* _ACTIVITY_:
From the data below, repeat exactly the lines from the line with "doesn't tell it." to the line with "by an address.", both included.

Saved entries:

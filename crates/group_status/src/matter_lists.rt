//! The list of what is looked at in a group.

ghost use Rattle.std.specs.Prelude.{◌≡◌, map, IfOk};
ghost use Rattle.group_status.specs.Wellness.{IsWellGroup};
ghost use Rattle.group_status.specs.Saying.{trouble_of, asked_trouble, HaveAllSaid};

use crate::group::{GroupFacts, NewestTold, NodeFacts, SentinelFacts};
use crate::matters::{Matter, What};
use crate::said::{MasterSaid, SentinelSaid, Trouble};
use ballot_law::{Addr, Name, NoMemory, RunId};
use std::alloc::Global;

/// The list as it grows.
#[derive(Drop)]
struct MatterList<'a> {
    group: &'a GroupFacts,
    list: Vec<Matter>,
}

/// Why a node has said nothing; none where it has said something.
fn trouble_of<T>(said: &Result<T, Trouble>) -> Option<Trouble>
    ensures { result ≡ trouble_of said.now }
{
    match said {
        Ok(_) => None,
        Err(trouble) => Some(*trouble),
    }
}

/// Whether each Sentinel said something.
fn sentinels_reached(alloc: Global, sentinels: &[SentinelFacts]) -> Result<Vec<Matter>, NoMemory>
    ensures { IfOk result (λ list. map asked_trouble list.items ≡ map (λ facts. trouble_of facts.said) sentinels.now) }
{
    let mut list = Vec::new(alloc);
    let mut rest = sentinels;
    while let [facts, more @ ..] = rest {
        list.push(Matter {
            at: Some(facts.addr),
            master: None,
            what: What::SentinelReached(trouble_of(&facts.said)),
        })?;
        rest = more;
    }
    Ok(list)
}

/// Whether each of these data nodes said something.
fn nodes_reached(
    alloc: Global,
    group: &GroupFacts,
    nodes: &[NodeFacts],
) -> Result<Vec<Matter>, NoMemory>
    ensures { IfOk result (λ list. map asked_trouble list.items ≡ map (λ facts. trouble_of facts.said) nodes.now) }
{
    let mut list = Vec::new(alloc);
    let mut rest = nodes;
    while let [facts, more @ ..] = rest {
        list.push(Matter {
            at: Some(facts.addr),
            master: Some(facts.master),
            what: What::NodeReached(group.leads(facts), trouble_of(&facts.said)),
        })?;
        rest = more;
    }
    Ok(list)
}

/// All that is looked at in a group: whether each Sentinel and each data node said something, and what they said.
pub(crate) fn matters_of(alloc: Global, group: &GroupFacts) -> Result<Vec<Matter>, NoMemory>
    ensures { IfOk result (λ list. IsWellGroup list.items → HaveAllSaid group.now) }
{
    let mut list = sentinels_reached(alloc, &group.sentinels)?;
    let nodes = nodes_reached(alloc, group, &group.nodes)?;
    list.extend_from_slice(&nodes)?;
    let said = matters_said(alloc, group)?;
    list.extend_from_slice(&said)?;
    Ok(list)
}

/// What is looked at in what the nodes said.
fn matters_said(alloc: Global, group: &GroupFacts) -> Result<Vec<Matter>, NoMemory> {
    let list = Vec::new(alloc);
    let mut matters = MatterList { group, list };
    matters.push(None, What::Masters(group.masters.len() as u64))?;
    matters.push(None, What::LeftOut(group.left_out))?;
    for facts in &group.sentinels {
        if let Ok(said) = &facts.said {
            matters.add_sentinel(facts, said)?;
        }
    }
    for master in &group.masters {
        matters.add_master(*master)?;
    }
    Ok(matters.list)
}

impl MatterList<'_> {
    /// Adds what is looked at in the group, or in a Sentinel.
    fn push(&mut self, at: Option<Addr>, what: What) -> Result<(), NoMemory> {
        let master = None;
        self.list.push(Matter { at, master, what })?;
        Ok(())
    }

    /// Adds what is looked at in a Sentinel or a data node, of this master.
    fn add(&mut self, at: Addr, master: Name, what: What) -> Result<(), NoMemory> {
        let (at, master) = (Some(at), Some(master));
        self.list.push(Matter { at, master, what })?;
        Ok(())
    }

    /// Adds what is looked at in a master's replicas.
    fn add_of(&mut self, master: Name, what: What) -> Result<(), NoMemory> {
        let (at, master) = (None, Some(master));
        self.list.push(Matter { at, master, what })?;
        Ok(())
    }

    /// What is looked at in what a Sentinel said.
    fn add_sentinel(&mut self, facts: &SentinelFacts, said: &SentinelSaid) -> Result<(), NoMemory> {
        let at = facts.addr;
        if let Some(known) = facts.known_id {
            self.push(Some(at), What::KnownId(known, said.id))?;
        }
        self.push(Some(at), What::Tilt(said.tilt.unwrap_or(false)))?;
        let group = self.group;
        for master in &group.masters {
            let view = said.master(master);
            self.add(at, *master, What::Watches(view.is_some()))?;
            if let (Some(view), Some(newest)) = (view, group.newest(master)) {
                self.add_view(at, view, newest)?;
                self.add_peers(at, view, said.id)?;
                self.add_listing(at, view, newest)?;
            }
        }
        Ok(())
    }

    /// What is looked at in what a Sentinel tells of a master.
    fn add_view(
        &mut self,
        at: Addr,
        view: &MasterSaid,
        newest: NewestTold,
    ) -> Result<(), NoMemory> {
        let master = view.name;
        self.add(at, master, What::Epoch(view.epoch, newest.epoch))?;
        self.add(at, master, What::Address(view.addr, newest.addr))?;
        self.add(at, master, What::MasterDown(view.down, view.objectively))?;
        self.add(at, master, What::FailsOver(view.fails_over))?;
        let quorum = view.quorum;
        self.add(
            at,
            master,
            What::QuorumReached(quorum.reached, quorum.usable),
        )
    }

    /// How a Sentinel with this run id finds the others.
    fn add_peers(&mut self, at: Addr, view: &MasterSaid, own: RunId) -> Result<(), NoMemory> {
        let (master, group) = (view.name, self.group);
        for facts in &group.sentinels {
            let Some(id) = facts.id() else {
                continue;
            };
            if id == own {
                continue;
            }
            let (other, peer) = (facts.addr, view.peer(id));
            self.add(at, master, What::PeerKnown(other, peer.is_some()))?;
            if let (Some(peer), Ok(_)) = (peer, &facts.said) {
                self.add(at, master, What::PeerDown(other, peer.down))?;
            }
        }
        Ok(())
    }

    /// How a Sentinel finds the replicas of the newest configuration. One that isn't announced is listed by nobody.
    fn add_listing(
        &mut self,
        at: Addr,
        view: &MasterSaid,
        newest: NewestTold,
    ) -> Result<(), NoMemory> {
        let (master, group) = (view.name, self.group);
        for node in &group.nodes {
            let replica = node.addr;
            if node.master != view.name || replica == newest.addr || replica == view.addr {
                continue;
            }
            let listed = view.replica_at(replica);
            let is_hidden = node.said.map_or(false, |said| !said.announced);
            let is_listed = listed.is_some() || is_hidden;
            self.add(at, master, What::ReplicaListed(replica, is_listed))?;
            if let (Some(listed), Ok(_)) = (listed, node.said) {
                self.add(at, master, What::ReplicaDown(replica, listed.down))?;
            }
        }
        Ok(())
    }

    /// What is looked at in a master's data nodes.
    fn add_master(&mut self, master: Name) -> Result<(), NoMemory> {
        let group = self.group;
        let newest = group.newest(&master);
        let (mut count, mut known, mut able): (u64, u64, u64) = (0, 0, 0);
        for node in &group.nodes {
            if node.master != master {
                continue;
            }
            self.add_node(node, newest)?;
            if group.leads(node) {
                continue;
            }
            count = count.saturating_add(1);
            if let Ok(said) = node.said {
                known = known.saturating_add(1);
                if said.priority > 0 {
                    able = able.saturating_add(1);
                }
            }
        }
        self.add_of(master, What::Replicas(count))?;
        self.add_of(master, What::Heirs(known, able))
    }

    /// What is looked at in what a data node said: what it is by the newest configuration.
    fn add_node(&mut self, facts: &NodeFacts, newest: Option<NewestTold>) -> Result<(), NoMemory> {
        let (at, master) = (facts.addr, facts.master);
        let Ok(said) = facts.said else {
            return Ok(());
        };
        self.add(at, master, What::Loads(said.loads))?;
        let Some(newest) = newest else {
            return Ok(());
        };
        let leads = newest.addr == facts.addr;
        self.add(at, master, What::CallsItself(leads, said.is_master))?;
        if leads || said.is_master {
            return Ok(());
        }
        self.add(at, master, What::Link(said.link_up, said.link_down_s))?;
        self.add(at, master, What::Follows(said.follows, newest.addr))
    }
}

--

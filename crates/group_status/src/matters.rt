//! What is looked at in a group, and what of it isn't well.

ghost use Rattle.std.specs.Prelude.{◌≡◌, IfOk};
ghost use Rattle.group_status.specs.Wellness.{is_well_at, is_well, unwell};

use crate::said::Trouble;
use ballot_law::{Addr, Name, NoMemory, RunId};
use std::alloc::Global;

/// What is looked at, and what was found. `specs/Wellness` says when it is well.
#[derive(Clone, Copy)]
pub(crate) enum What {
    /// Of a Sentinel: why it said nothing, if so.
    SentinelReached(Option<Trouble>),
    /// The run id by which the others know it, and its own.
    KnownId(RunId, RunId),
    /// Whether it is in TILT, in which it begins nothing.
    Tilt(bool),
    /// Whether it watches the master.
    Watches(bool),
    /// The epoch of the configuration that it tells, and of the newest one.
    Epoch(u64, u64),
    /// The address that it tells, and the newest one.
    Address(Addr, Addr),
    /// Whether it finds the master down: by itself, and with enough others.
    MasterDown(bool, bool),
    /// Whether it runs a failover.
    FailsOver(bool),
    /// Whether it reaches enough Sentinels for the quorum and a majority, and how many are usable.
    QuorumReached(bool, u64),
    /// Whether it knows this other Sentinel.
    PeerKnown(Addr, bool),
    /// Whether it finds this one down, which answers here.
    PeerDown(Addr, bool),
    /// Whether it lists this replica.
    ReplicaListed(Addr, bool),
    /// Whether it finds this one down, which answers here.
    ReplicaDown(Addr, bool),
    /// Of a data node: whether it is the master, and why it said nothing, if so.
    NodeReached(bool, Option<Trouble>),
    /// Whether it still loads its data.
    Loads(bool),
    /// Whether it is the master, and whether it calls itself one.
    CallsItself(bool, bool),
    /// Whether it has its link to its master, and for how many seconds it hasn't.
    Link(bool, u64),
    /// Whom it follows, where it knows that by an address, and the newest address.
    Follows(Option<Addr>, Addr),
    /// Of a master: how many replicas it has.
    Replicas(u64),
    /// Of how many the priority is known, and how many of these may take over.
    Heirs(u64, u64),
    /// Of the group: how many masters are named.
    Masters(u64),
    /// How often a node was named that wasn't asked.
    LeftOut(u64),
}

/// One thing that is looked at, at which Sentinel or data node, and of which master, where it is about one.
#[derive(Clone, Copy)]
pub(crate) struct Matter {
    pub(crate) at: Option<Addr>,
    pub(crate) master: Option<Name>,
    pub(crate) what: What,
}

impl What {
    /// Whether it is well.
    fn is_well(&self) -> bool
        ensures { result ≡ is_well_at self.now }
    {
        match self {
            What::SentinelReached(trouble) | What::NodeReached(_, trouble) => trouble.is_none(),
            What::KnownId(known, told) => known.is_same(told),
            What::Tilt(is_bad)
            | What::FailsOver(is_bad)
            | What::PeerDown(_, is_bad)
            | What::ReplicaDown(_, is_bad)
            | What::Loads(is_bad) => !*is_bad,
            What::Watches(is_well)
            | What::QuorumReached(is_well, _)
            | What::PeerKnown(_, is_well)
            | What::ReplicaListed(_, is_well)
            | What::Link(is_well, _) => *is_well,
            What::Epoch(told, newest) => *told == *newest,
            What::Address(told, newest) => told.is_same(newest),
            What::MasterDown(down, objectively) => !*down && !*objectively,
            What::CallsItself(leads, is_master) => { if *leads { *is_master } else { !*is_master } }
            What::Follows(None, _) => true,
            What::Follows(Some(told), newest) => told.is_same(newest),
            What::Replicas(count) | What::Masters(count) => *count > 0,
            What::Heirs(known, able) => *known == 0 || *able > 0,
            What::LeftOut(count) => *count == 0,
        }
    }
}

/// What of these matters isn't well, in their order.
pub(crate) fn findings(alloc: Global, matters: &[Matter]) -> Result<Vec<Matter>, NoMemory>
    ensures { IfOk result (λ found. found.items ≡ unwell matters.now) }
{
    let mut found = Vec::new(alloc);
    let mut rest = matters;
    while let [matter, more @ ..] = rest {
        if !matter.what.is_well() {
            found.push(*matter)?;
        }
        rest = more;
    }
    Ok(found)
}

---

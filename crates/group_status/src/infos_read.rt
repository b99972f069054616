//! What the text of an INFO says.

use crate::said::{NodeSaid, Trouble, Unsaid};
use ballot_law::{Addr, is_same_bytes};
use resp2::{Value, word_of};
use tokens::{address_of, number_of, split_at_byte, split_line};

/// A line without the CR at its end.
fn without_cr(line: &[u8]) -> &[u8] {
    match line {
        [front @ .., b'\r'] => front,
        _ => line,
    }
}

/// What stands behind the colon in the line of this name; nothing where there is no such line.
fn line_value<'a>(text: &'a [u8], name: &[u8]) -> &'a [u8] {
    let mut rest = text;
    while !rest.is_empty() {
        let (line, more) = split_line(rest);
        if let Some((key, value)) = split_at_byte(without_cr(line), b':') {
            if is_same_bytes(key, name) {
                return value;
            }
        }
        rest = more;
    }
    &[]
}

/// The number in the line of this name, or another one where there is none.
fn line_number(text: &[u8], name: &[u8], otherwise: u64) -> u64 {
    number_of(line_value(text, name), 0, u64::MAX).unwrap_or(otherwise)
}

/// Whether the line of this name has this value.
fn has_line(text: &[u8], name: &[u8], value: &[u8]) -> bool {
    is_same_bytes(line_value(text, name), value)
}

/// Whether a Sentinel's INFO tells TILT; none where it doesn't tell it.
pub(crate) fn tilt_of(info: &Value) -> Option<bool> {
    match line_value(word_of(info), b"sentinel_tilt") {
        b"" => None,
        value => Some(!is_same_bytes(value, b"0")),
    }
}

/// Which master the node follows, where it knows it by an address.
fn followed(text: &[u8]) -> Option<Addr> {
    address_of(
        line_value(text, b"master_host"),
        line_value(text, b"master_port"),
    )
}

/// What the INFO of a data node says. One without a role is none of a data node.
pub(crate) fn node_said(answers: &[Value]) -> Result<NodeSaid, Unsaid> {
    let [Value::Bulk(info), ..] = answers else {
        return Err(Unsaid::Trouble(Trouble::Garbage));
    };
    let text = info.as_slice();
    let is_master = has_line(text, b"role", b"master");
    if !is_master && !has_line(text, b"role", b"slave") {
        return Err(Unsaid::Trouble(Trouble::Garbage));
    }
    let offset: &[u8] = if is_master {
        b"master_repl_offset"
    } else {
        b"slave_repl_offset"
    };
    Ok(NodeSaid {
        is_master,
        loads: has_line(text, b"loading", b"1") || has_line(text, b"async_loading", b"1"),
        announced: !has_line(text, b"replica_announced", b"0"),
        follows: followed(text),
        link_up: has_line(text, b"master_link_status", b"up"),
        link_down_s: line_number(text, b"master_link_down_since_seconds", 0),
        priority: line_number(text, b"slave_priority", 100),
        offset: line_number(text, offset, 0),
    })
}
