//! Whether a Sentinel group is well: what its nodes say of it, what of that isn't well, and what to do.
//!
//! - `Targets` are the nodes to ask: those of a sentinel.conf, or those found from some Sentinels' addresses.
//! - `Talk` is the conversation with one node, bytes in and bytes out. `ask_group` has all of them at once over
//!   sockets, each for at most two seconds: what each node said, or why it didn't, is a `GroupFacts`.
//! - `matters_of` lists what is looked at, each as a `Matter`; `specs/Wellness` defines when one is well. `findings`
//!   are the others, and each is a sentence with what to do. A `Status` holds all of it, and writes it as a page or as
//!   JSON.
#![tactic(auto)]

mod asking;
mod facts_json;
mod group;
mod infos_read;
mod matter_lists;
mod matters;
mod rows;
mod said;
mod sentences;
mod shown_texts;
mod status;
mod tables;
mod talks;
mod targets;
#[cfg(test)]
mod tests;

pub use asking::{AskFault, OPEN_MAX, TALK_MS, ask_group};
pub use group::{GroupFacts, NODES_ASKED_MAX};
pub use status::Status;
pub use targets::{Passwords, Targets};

* _RESPONSE TO THE TASK_:
/// Whether a Sentinel's INFO tells TILT; none where it doesn't tell it.
pub(crate) fn tilt_of(info: &Value) -> Option<bool> {
    match line_value(word_of(info), b"sentinel_tilt") {
        b"" => None,
        value => Some(!is_same_bytes(value, b"0")),
    }
}

/// Which master the node follows, where it knows it by an address.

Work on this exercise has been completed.